Strategy is about making choices, especially in critical and uncertain situations. Doing better is an aspiration and not a strategy. The biggest choice in front of tech companies in this critical and uncertain time of recession is what to prioritize growth or profitability.

 The answer, as usual, is it depends.

  •  If the firm is an unprofitable startup, it needs to prioritize profitability; otherwise, it might run out of funds for operations.
  •  But successful IT and engineering product or services firms, which are sitting on a pile of cash, should prioritize growth over profitability.  

Why IT and engineering service providers are focusing more on profitability?

  •  The profitability of most of IT and engineering service providers was down this quarter because of high talent costs from great resignation and also the resumption of some of the operating costs of facilities, travel, events, etc. They want to return to their guided profitability zone.
  • The impact of profitability is higher on stock prices than revenue growth.

 The service providers are tightening their belts and trying many levers for higher profitability. They are aiming for higher pricing/ margin contracts and simultaneously trying to reduce the cost of operations. I have heard stories about how companies are not taking some low-margin work and demanding higher profitability in new work, keeping in mind high talent costs.

This is good to have a laser-sharp focus on high profitability and on creating shareholder value, but during a recession, if profitability is prioritized more than growth, then many service providers will lose the opportunity to gain market share and build capabilities to prepare for a demand uptick post-recession.

How can IT and engineering service providers focus on growth and build capabilities?

Service providers should focus on growth and growing their footprint and market share during the recession. The analogy which is often shared in the Indian IT circuit is the F1 race. In the F1 race, the only place a layer can overtake and improve its position is at turns. The recession is a sort of turn. To take advantage of this, service providers should accelerate their focus on investing in nine areas.

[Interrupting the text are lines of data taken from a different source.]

/// Puts the moved node into the set where it is ready. Where it is not, and the set has it, it is returned as the one
/// that is to leave: so a reader that gets a move can take its place in the list.
fn leave_or_stay(moves: &mut NodeSet, node: u32, ready: bool) -> Option<u32>
    requires { node < length moves.old }
    ensures set { once_left moves.new result ≡ slice_set moves.old node ready }
    ensures leaving { IsLeaving moves.new result }
{
    if ready || !moves.contains(node) {
        moves.set(node, ready);
        return None;
    }
    Some(node)
}

/// Puts the node into the set where it is ready, else takes it out, while this one is to leave the set.
fn set_where_one_leaves(moves: &mut NodeSet, leaving: u32, node: u32, ready: bool) -> Option<u32>
    requires leaving { is_member moves.old leaving ≡ true }
    requires node { node < length moves.old }
    ensures set { once_left moves.new result ≡ slice_set (slice_set moves.old leaving false) node ready }
    ensures leaving { IsLeaving moves.new result }
{
    if leaving == node {
        if ready {
            return None;
        }
        return Some(leaving);
    }
    if ready && !moves.contains(node) {
        moves.replace(leaving, node);
        return None;
    }
    moves.set(node, ready);
    Some(leaving)
}

/// Puts the node into the set where it is ready, else takes it out. A node that comes takes the place of the one that
/// is to leave the set: both at once cost less than one after the other. Returns which one is to leave then.
fn set_beside(moves: &mut NodeSet, leaving: Option<u32>, node: u32, ready: bool) -> Option<u32>
    requires node { node < length moves.old }
    requires leaving { IsLeaving moves.old leaving }
    ensures set { once_left moves.new result ≡ slice_set (once_left moves.old leaving) node ready }
    ensures leaving { IsLeaving moves.new result }
{
    match leaving {
        None => {
            moves.set(node, ready);
            None
        }
        Some(other) => set_where_one_leaves(moves, other, node, ready),
    }
}

/// Takes the node out of the set that is to leave it.
fn leave(moves: &mut NodeSet, leaving: Option<u32>)
    requires { IsLeaving moves.old leaving }
    ensures { moves.new ≡ once_left moves.old leaving }
{
    if let Some(node) = leaving {
        moves.set(node, false);
    }
}

/// What a move does to the nodes near its own: the least whose move it disabled, and the first of its readers that has
/// interference (both guards hold).
#[derive(Clone, Copy)]
pub(crate) struct Trouble {
    pub(crate) lost: Option<u32>,
    pub(crate) pulled: Option<u32>,
}

/// The same for some of its readers, and the node that is still to leave the set.
#[derive(Clone, Copy)]
struct Retested {
    leaving: Option<u32>,
    trouble: Trouble,
}

/// The first node with interference, once this one is looked at too.
fn first_torn(pulled: Option<u32>, node: u32, up: bool, down: bool) -> Option<u32>
    ensures { result ≡ or_else pulled (if up && down then Some node else None) }
{
    match pulled {
        None if up && down => Some(node),
        _ => pulled,
    }
}
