// What lists define, and the names in patterns.

ghost use Rattle.std.specs.Prelude.{◌≡◌, ◌<◌, [], ◌++◌, length, codes, map, reverse, IfOk};
ghost use Rattle.std.specs.List.{cons_option};
ghost use Rattle.std.specs.Str.{bytes_eq};
ghost use Rattle.fv_parse.specs.Trees.{size_of, tree_in};
ghost use Rattle.fv_parse.specs.headline.Definitions.{defined_by, definitions_of, as_name, names_in, has_process};
ghost use Rattle.fv_parse.specs.inner.Visits.{own_names, parts_left};

use crate::parsed::{Tree, text_of};
use fv_lex::Tokens;
use fv_parse_tree::{TreeId, TreeNode};
use std::alloc::{AllocError, Global};

/// A definition: the number of its name's token, and how many patterns follow it.
#[derive(Clone, Copy, Debug)]
pub(crate) struct Defined {
    pub(crate) name: u64,
    pub(crate) width: u64,
}

/// What a tree defines.
fn defined_by(tree: &Tree, id: TreeId) -> Option<Defined>
    requires { id < size_of tree.now }
    ensures { result ≡ defined_by (length tree.now.tokens.tokens) (tree_in tree.now id) }
{
    match tree.node(id) {
        TreeNode::Constant(name, _) => Some(Defined {
            name: *name,
            width: 0,
        }),
        TreeNode::Function(name, patterns, _) => Some(Defined {
            name: *name,
            width: tree.items(*patterns).len() as u64,
        }),
        TreeNode::Rule(patterns, _) => Some(Defined {
            name: tree.first_token(id),
            width: tree.items(*patterns).len() as u64,
        }),
        _ => None,
    }
}

fn keep(list: &mut Vec<Defined>, found: Option<Defined>) -> Result<(), AllocError>
    ensures { IfOk result (λ _. list.new.items ≡ list.old.items ++ cons_option found []) }
{
    match found {
        None => Ok(()),
        Some(defined) => {
            list.push(defined)?;
            Ok(())
        }
    }
}

/// What a list defines, in order.
pub(crate) fn definitions_of(
    alloc: Global,
    tree: &Tree,
    id: TreeId,
) -> Result<Vec<Defined>, AllocError>
    requires { id < size_of tree.now }
    ensures { IfOk result (λ v. v.items ≡ definitions_of tree.now.tokens (tree_in tree.now id)) }
{
    let items = tree.items(id);
    let mut list = Vec::new(alloc);
    for item in items {
        keep(&mut list, defined_by(tree, *item))?;
    }
    Ok(list)
}

/// Whether the bytes are the name `process`.
pub(crate) fn is_process(text: &[u8]) -> bool
    ensures { result ≡ bytes_eq text.now (codes "process") }
{
    text == b"process".as_slice()
}

/// Whether one of them is of `process`.
pub(crate) fn has_process(tokens: &Tokens, definitions: &[Defined]) -> bool
    ensures { result ≡ has_process tokens.now definitions.now }
{
    for defined in definitions {
        if is_process(text_of(tokens, defined.name)) {
            return true;
        }
    }
    false
}

/// The numbers of names.
pub(crate) fn as_names(alloc: Global, numbers: &[u64]) -> Result<Vec<Defined>, AllocError>
    ensures { IfOk result (λ v. v.items ≡ map as_name numbers.now) }
{
    let mut names = Vec::new(alloc);
    for n in numbers {
        names.push(Defined { name: *n, width: 0 })?;
    }
    Ok(names)
}

/// Puts numbers on a stack, so that the first comes off first.
fn push_all(stack: &mut Vec<TreeId>, ids: &[TreeId]) -> Result<(), AllocError>
    ensures { IfOk result (λ _. stack.new.items ≡ stack.old.items ++ reverse ids.now) }
{
    let mut i = ids.len();
    while i > 0 {
        i -= 1;
        stack.push(ids[i])?;
    }
    Ok(())
}

/// Pushes what a node of a pattern leaves to visit.
fn push_parts(stack: &mut Vec<TreeId>, node: &TreeNode) -> Result<(), AllocError>
    ensures { IfOk result (λ _. stack.new.items ≡ stack.old.items ++ reverse (parts_left node.now)) }
{
    match node {
        TreeNode::Binary(_, x, y) => {
            stack.push(*y)?;
            stack.push(*x)?;
            Ok(())
        }
        TreeNode::List(ids) => push_all(stack, ids),
        _ => Ok(()),
    }
}

/// Pushes the name that a node of a pattern is.
fn push_name(names: &mut Vec<Defined>, node: &TreeNode) -> Result<(), AllocError>
    ensures { IfOk result (λ _. names.new.items ≡ names.old.items ++ own_names node.now) }
{
    match node {
        TreeNode::Named(n) => {
            names.push(Defined { name: *n, width: 0 })?;
            Ok(())
        }
        _ => Ok(()),
    }
}

/// The names in patterns, in order.
pub(crate) fn names_in(alloc: Global, tree: &Tree, id: TreeId) -> Result<Vec<Defined>, AllocError>
    requires { id < size_of tree.now }
    ensures { IfOk result (λ v. v.items ≡ names_in (tree_in tree.now id)) }
{
    let mut names = Vec::new(alloc);
    let mut stack = Vec::new(alloc);
    stack.push(id)?;
    while let Some(next) = stack.pop() {
        let node = tree.node(next);
        push_name(&mut names, node)?;
        push_parts(&mut stack, node)?;
    }
    Ok(names)
}
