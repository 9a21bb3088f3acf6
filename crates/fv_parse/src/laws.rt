// Laws of what tokens are.

ghost use Rattle.fv_parse.specs.Outcomes.{IsOneRefusal, IsNotBoth, IsOneOrOther};
ghost use Rattle.fv_parse.specs.Laws.{SameNumbersSameBytes, NumbersAreOfTheBytes};

use fv_parse_grammar::{reads_what_is_spelled, spelled_once, stops_at_the_place};

/// The tokens of a text are accepted, or refused for one thing, and never both.
pub fn one_outcome()
    ensures once { IsOneRefusal }
    ensures apart { IsNotBoth }
    ensures either { IsOneOrOther }
{
    // For the prover: the descent reads just what is spelled, tokens spell one program, and it stops at the one place of an error.
    reads_what_is_spelled();
    spelled_once();
    stops_at_the_place();
}

/// Two tokens have one canonical number exactly where they have the same bytes, and it is the number of a token with these bytes.
pub fn same_names()
    ensures same { SameNumbersSameBytes }
    ensures of { NumbersAreOfTheBytes }
{}
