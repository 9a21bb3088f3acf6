// The canonical numbers of names.

ghost use Rattle.std.specs.Prelude.{◌≡◌, IfOk};
ghost use Rattle.fv_parse.specs.Trees.{canonical_of};

use fv_lex::Tokens;
use std::alloc::{AllocError, Global};
use std::collections::BTreeMap;

/// The canonical number of each token, which is that of the first one with its bytes, and after them that of no bytes.
pub(crate) fn canonical_numbers(alloc: Global, tokens: &Tokens) -> Result<Vec<u64>, AllocError>
    ensures { IfOk result (λ v. v.items ≡ canonical_of tokens.now) }
{
    let mut seen: BTreeMap<&[u8], u64> = BTreeMap::new(alloc);
    let mut numbers = Vec::new(alloc);
    for i in 0..tokens.len() {
        let text = tokens.text(i);
        let number = seen.get(&text).copied().unwrap_or(u64::from(i));
        numbers.push(number)?;
        seen.insert(text, number)?;
    }
    let nothing: &[u8] = &[];
    let last = seen
        .get(&nothing)
        .copied()
        .unwrap_or(u64::from(tokens.len()));
    numbers.push(last)?;
    Ok(numbers)
}
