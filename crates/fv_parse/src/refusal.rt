// Why tokens are no program.

ghost use Rattle.std.specs.Prelude.{◌≡◌};
ghost use Rattle.fv_parse.specs.declared.refusal.ParseRefusal.TheVariants.{NoMemory};

use fv_base::Word;
use std::alloc::AllocError;

/// Why tokens are no program. Lines and columns count from 1, and a column is one byte.
#[derive(Debug, Drop)]
pub enum ParseRefusal {
    /// The tokens before this place begin some program, and with the token there none.
    Syntax { line: u32, column: u32 },
    /// The first token that is not supported.
    Unsupported { word: Word },
    /// One list has two definitions of a name that are not both by patterns.
    Redefined { name: Word },
    /// The parameters of a definition, or all patterns of a rule together, have a name more than once.
    RepeatedName { name: Word },
    /// The first rule of a case has more or fewer patterns than the one there.
    RuleWidths { line: u32, column: u32 },
    /// No outermost definition is of `process`.
    NoProcess,
    /// Memory ran out.
    NoMemory,
}

impl From<AllocError> for ParseRefusal {
    ghost from_gives = { λ _ e. e ≡ NoMemory };

    fn from(_e: AllocError) -> ParseRefusal {
        ParseRefusal::NoMemory
    }
}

  • Hiring: Service providers should not take their foot off the gas in case of hiring. The net hiring decreased significantly for most tier-1 IT service providers in this quarter. Infosys had the highest net hiring this quarter. Apart from hiring, they need to look for retention. Identifying, recruiting, training, and retaining talent will be a competitive advantage this decade. (Read our blog here)
  • Geographic Expansion: Service providers need to increase their footprint beyond English-speaking countries, and a recession could be a good time. Japan, France, and Korea (JFK) is a $50 Billion opportunity for service providers. (Read our JFK analysis here). Recently TCS and Accenture have made moves to increase their footprints in France and South Korea, respectively.
  • Global Delivery Expansion: Service providers, especially mid-tiers, need to increase their global delivery presence in nearshore countries. Recently LTTS opened delivery centers in Poland and Canada. Among tier-1 service providers, HCL opened centers in Vietnam and Canada.
  • Acquisitions: A recession is a good opportunity to buy companies for customer or geographic access and build capabilities in different industries and services. Among tier-1 service providers, Accenture, Wipro, and Tech M are active in acquisitions. Among mid-tiers, Cyient, Persistent, and ITC Infotech are recently active in acquisitions. Last year top 7 engineering service providers active in acquisitions were (Read here).
  • Consulting: Business consulting has been the Achilles heel for Indian IT service providers. If we look at the results of Accenture and Capgemini, their consulting business is growing faster than outsourcing. It’s time for Indian service providers to do something at scale here.
  • Operating Model and Tier 2/ 3 cities: In the remote or hybrid work model during the pandemic, many employees have moved to their home towns and are reluctant to come back to big cities. To capture this talent, service providers need to have a wider footprint in tier 2/ 3 cities in India. It will help them in managing future talent requirements also by hedging their location bets in the war of talent and also the talent for future requirements. Recently Infosys and Accenture have been active in expanding their footprint in tier 2/ 3 cities. Among mid-tiers, ITC Infotech and Tata Elxsi are active in this area. There are 27 tier2/3 cities service providers can look at. (Read our research on tier2/3 cities here)
  • New customer segments: Service providers should look for new and emerging customer segments, which will be crucial for growth in the future. Providing services to startups and unicorns is one such promising sector. Accenture and Atos are among tier-1 firms that are active in this space. Among mid-tiers, LTTS and Thoughtworks are active here. (Read our blog here)
  • Sustainability: All service providers are building their sustainability practices. It’s time to invest further and scale up. (Read our blog here)
  • Thought Leadership: The recession is the best time for service providers to raise awareness and build or increase mind share among customers as many competitors will be cutting down expenses in this area.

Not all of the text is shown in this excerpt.